Ras Baraka (reading his father’s poem “Digging Max”):
(At Seventy Five, All The Way Live!) Max is the highest The outest the Largest, the greatest The fastest, the hippest, The all the way past which There cannot be
When we say MAX, that’s what We mean, hip always Clean. That’s our word For Artist, Djali, Nzuri Ngoma, Senor Congero, Leader, Mwalimu, Scientist of Sound, Sonic Designer, Trappist Definer, Composer, Revolutionary Democrat, Bird’s Black Injun Engine, Brownie’s Other Half, Abbey’s Djeli-ya-Graph Who bakes the Western industrial singing machine Into temperatures of syncopated beyondness
Out Sharp Mean
Papa Joe’s Successor Philly Joe’s Confessor AT’s mentor, Roy Haynes’ Inventor, Steve McCall’s Trainer, Ask Buhainia. Jimmy Cobb, Elvin or Klook Or even Sunny Murray, when he aint in a hurry. Milford is down and Roy Brooks Is one of his cooks. Tony Williams, Jack DeJohnette, Andrew Cyrille can tell you or youngish Pheeroan Beaver and Blackwell and my man, Dennis Charles. They’ll run it down, ask them the next time they in town.

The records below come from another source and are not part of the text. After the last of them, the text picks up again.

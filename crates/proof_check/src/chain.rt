ghost use Rattle.std.specs.Prelude.{◌≡◌, ◌+◌, ◌<◌, ◌≤◌, ◌^◌, ◌↔◌, length, take, IsTrue, MatchOption};
ghost use Rattle.clause_base.specs.Literal.{has_distinct_variables, AllDistinct};
ghost use Rattle.clause_base.specs.Steps.{step_at};
ghost use Rattle.clause_base.specs.Acceptance.{clauses_of, numbered, IsAcceptedChain};
ghost use Rattle.proof_check.specs.Marks.{AreStampedUpTo, AreInTable};
ghost use Rattle.proof_check.specs.Chain.{IsNumberOf, IsClauseOf};

use crate::marks::Mark;
use crate::resolve::resolve;
use crate::sets::{mark_all, strike_all};
use clause_base::{Clauses, Lit, Log};

/// The clause with that number, counted from 1 over the form and then the steps before `place`, where there is one.
fn numbered_clause<'a>(
    form: &'a Clauses,
    log: &'a Log,
    place: usize,
    number: u32,
) -> Option<&'a [Lit]>
    requires { place ≤ length log.now }
    ensures { MatchOption result (¬ (IsNumberOf (clauses_of form.now (take place log.now)) number)) (λ clause. IsClauseOf (clauses_of form.now (take place log.now)) number clause.now) }
{
    if number == 0 {
        return None;
    }
    let index = number as usize - 1;
    if index < form.len() {
        return Some(form.clause(index));
    }
    let step = index - form.len();
    if step < place {
        return Some(log.clause(step));
    }
    None
}

/// Whether the chain of the step at `place` gives its clause from the form and the steps before it.
pub(crate) fn is_given(marks: &mut [Mark], form: &Clauses, log: &Log, place: usize) -> bool
    requires place { place < length log.now }
    requires few { length log.now < 2 ^ 32 }
    requires stamps { AreStampedUpTo place marks.old }
    requires in_table { AreInTable marks.old (clauses_of form.now (take place log.now)) }
    ensures given { IsTrue result ↔ IsAcceptedChain (clauses_of form.now (take place log.now)) (step_at log.now place).chain (step_at log.now place).clause }
    ensures stamps { AreStampedUpTo (place + 1) marks.new }
{
    let stamp = place as u32 + 1;
    let Some((first, rest)) = log.chain(place).split_first() else {
        return false;
    };
    let Some(start) = numbered_clause(form, log, place, *first) else {
        return false;
    };
    let mut count = mark_all(marks, stamp, start);
    for number in rest {
        let Some(next) = numbered_clause(form, log, place, *number) else {
            return false;
        };
        let Some(left) = resolve(marks, stamp, count, next) else {
            return false;
        };
        count = left;
    }
    strike_all(marks, stamp, count, log.clause(place))
}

Ask any or all of the rhythm’n. Shadow cd tell you, so could Shelly Manne, Chico Hamilton. Rashid knows, Billy Hart. Eddie Crawford From Newark has split, but he and Eddie Gladden could speak on it. Mtume, if he will. Big Black can speak. Let Tito Puente run it down, He and Max were tight since they were babies in this town.
Frankie Dunlop cd tell you and he speak a long time. Pretty Purdy is hip. Max hit with Duke at Eighteen He played with Benny Carter when he first made the scene. Dig the heavy learning that went with that. Newk knows, And McCoy. CT would agree. Hey, ask me or Archie or Michael Carvin Percy Heath, Jackie Mc are all hip to the Max Attack.

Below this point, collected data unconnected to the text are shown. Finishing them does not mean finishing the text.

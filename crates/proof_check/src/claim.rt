use clause_base::{Clause, Form, Log};

/// A step that is refused: its number, counted from 1.
#[derive(Clone, Copy, Debug, PartialEq, Eq)]
pub struct BadStep {
    pub n: u32,
}

/// A log, with the form and the blocks after which it is checked.
#[derive(Drop)]
pub struct Claim<'a> {
    pub form: &'a Form,
    pub blocks: &'a [Clause],
    pub log: &'a Log,
}

/// The steps of a log from one place up to another, and how many blocks stand before them.
#[derive(Clone, Copy)]
pub(crate) struct Piece {
    pub(crate) from: usize,
    pub(crate) end: usize,
    pub(crate) seen: usize,
}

Barry Harris can tell you. You in touch with Monk or Bird? Ask Bud if you see him, You know he know, even after the cops Beat him Un Poco Loco. I mean you can ask Pharaoh or David Or Dizzy, when he come out of hiding, its a trick Diz just outta sight. I heard Con Alma and Diz and Max In Paris, just the other night.
But ask anybody conscious, who Max Roach be. Miles certainly knew And Coltrane too. All the cats who know the science of Drum, know where our Last dispensation come from. That’s why we call him, MAX, the ultimate, The Furthest Star. The eternal internal, the visible invisible, the message From afar.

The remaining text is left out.